⑩Harvey W.Zorbaugh,The Gold Coast and the Slum:A Sociological Study of Chicago' s Near North Side,Chicago:University of Chicago Press,1929.
(11)Herbert J.Gans,The Urban Villager:Group and Class in the Life of Italian-Americans,New York:Free Press,1962; Gerald D.Suttles,The Social Order of the Slum:Ethnicity and Territory in the Inner City,Chicago:University of Chicago Press,1968.
(12)朱力:《论农民工阶层的城市适应》,《江海学刊》2002年第6期;符平:《青年农民工的城市适应:实践社会学研究的发现》,《社会》2006年第2期。
(13)风笑天:《落地生根:三峡农村移民的社会适应》,武汉:华中科技大学出版社,2006年。
(14)[英]格里·斯托克:《作为理论的治理:五个论点》,华夏风译,《国际社会科学杂志》(中文版)1999年第1期。
(15)俞可平:《全球治理引论》,《马克思主义与现实》2002年第1期。
(16)徐勇:《县政、乡派、村治:乡村治理的结构性转换》,《江苏社会科学》2002年第2期;何艳玲:《特定事件、治理过程与治理文化》,《华中师范大学学报》(人文社会科学版)2005年第5期。
(17)刘能:《农村流动人口与城市社会安全:理论命题和政策建议》,《江苏行政学院学报》2005年第1期;刘畅:《制度排斥与城市农民工的社会保障问题》,《社会福利》2003年第7期。

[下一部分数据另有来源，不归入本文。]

//! A part of a reply, which is gathered before it is appended to the reply.

ghost use Rattle.std.specs.Prelude.{◌≡◌, ◌≤◌, ◌<◌, ◌+◌, ◌++◌, ◌∷◌, [], length, IsTrue, ◌↔◌, IfErr, OnOk};
ghost use Rattle.kf_core.specs.declared.refusal.Refusal.TheVariants.{NoMemory};

use kf_core::Refusal;
use kf_script::Reply;
use std::marker::Model;

/// The greatest number of bytes that are gathered.
const MOST: usize = 512;

/// Bytes that are appended to a reply all at once. To append each name of a long listing by itself would take
/// longer than to find the name. Contracts see the bytes.
#[derive(Drop)]
pub(crate) struct Part {
    bytes: [u8; MOST],
    len: usize,
}

impl Model for Part {
    ghost use Rattle.std.specs.Prelude.{ℕ, ◌≤◌, List, take};

    ghost Value = { List ℕ };

    ghost view = { λ part. take part.len part.bytes };

    ghost invariant = { λ part. part.len ≤ 512 };
}

impl Part {
    /// An empty part.
    pub(crate) fn new() -> Part
        ensures empty { result ≡ [] }
    {
        Part {
            bytes: [0; MOST],
            len: 0,
        }
    }

    /// Whether there is room for a byte and a name.
    #[inline(always)]
    pub(crate) fn has_room(&self) -> bool
        ensures known { IsTrue result ↔ (length self.now + 256 ≤ 512) }
    {
        self.len <= MOST - 256
    }

    /// Appends a byte, and then a name.
    #[inline(always)]
    pub(crate) fn push_after(&mut self, first: u8, name: &[u8])
        requires room { length self.old + 256 ≤ 512 }
        requires short { length name.now ≤ 255 }
        ensures pushed { self.new ≡ self.old ++ first ∷ name.now }
    {
        let start = self.len + 1;
        let end = start + name.len();
        self.bytes[self.len] = first;
        self.bytes[start..end].copy_from_slice(name);
        self.len = end;
    }

    /// Appends all bytes to the reply, and empties the part. The only refusal is `NoMemory`. After a refusal
    /// the text of the reply is unknown.
    pub(crate) fn give(&mut self, reply: &mut Reply) -> Result<(), Refusal>
        ensures given { OnOk result (reply.new ≡ reply.old ++ self.old) }
        ensures emptied { self.new ≡ [] }
        ensures refused { IfErr result (λ refusal. refusal ≡ NoMemory) }
    {
        let len = self.len;
        self.len = 0;
        reply.extend(&self.bytes[..len])
    }
}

(18)为了方便起见,笔者选择所在的北京大学社会学系最近3年来完成的10项硕士论文研究,作为说明的素材。5项研究采取了适应视角:在陈冬雪的论文《漂泊与适应:北京市年轻白领北漂研究》(2007)中,能动的社会行动者就是要去处理漂泊感和不利社会遭遇的年轻白领北漂;在向玉婷的论文《外来女工城市适应的过程和水平》(2008)中,能动的社会行动者就是要去努力适应城市环境的深圳外来女工;在李蔚的论文《同一个屋檐下:北京城乡结合部外来租户居住空间的社会学考察》(2009)中,能动的社会行动者就是要在客居的院落和出租房内努力营造一个属于自己的“家的感觉”的外来租户;在许英康的论文《城市化、住房改变及其对农民日常生活的影响》(2007)中,能动的社会行动者就是努力要去适应居住格局改变所带来的种种变化的常村村民;而在狄雷的论文《外来流动人口聚居区社会形成过程的社会学考察——北京市昌平区沙村的个案研究》(2009)中,能动的社会行动者就是有意无意联合起来,把沙村建设成为一个外来流动人口聚居区的沙村本地村民。另5项研究采取了治理视角:在薛建东的论文《叫停:一种特殊的制度安排》(2009)中,治理采取了“叫停”违章抢建建筑的形式,是深圳“城中村”村民们保护自己利益的一种适应性行为,因此可以归入B类治理的范畴;在李楠的论文《“撤村”:作为一种过程的实践》(2009)中,治理采取的是“撤村建居”的形式,属于国家政治建设的宏大目标,似乎可以归入A类治理的范畴;在接中海的论文《城中村的经济自主——对深圳经济特区“涌村”的考察》(2007)中,治理的形式是启动“城中村改造”,从而为深圳城市建设提供优质土地储备,也可归入A类治理的行列;在秦冰的论文《征地过程背后的权力关系:从征地看乡村文化权力体系的重构》(2007)中,治理采取了国家征用农地的形式(A类治理),最终导致了村庄这一社会行动者的新的适应行为,也即新型保护型经纪的诞生;最后,在黄华贞的论文《被动回应与主动选择:城市化背景下失地农民的保障观念》(2007)中,治理的意图是在完善失地农民的社会保障,因此可被列入C类治理的范畴。